Olivier loves his adopted country, but if there is one aspect in which he remains resolutely French, it is in his attitude toward baking. “I must say it was a bit of a shock to me when I arrived 20 or so years ago. I came here with £50, and all I could afford was a 24p sliced white loaf from Safeway,” he shudders. By the time Olivier’s Bakery launched, changes were already afoot, with small artisans spreading sourdough across the urban peripheries. But the bread culture in Britain was still nothing compared to that of a country built and powered by boulangeries. “The French eat bread every day, with every meal. There is not one flat, house or restaurant where you will not see bread on the table,” says Olivier. He had come here as a pastry chef, and could have made more money by remaining so, “but I got back to bread because I felt I needed to help create change here, a little. I felt people deserved better bread, bread that was good for them, not full of additives and preservatives and other rubbish.”

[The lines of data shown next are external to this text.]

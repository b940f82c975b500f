// The walking loader's step: it links the new node at the end of the chain, or steps on and notes a dependence.
ghost use Rattle.std.specs.Prelude.{◌≤◌};
ghost use Rattle.graph.specs.Arrays.{Nodes, NodesWithin, SameCommands, Linked};
ghost use Rattle.graph.specs.Memory.{AddsDependence, LoaderWalks};

use crate::Graph;
use crate::items::dependent;
use model::Thread;
use node_set::Node;

impl Graph {
    // Links a node as waiting behind the node that the loader stands on, which it unlocks.
    fn link(&mut self, at: Node, own: Node)
        requires { (at.0 ≤ 150) × (own.0 ≤ 150) }
        ensures { Linked at.0 own.0 self.old self.new }
    {
        self.next[at.0 as usize] = own.0;
        self.executing[own.0 as usize] = false;
        self.locked[at.0 as usize] = false;
    }

    // Adds a node to the set of the loader's own node if the commands of the two are dependent.
    fn add_dependence(&mut self, own: Node, y: Node)
        requires { (own.0 ≤ 150) × (y.0 ≤ 150) }
        ensures { AddsDependence own.0 y.0 self.old self.new }
    {
        if dependent(self.item(y), self.item(own)) {
            let n = own.0 as usize;
            self.waits[n] = self.waits[n].add(y);
        }
    }

    // The walking loader's step.
    pub fn loader_walk(&mut self, at: Node, own: Node) -> Thread
        requires { Nodes self.old.next × (at.0 ≤ 150) × (own.0 ≤ 150) }
        ensures within { NodesWithin result × Nodes self.new.next }
        ensures steps { LoaderWalks at own self.old result self.new }
        ensures same { SameCommands self.old self.new }
    {
        let y = self.behind(at);
        if y.0 == 0 {
            self.link(at, own);
            return Thread::Idle;
        }
        if self.is_locked(y) {
            return Thread::Loading { at, own };
        }
        self.step_on(at, y);
        self.add_dependence(own, y);
        Thread::Loading { at: y, own }
    }
}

The feedback from British customers was remarkable. “They came back. They supported us. Even today we still have many of the same customers.” Selling good bread in London has never been too hard – “there are plenty of Spanish, Italian and French people living here” – but it was when the Brits started coming that Olivier knew that something was starting to change. “I don’t know why the food was so bad for so long. I am not a historian, I am a simple baker. But I have seen it change. London is the best place in the world for food now.” He still gets the odd complaint about the price of bread – “only the other week I was in a pub and a guy was complaining. I asked him how much he’d paid for his pint, and he said a fiver. I pointed out that a loaf of my bread was £3.50 and would feed him for a week” – but the majority of Olivier’s conversations with customers centre on how much they enjoy his produce. Besides, as far as quality sourdough bread goes, Oliver’s is not expensive, not by any means. He respects his bread and the colleagues who make it with him, but he wants good food to be as accessible as possible. “I am not looking to steal money from people. I didn’t go into baking to get rich. I am a rich man already,” he smiles, taking out his phone. He swipes through his photos until he arrives at a picture of two young twins, their heads together, grinning at the camera. “See? I am done. I can’t get richer than Oscar and Ophelia. Valentina and I live humbly, we pay the bills, we spend time with the kids and we bake for people. I am a rich man indeed.”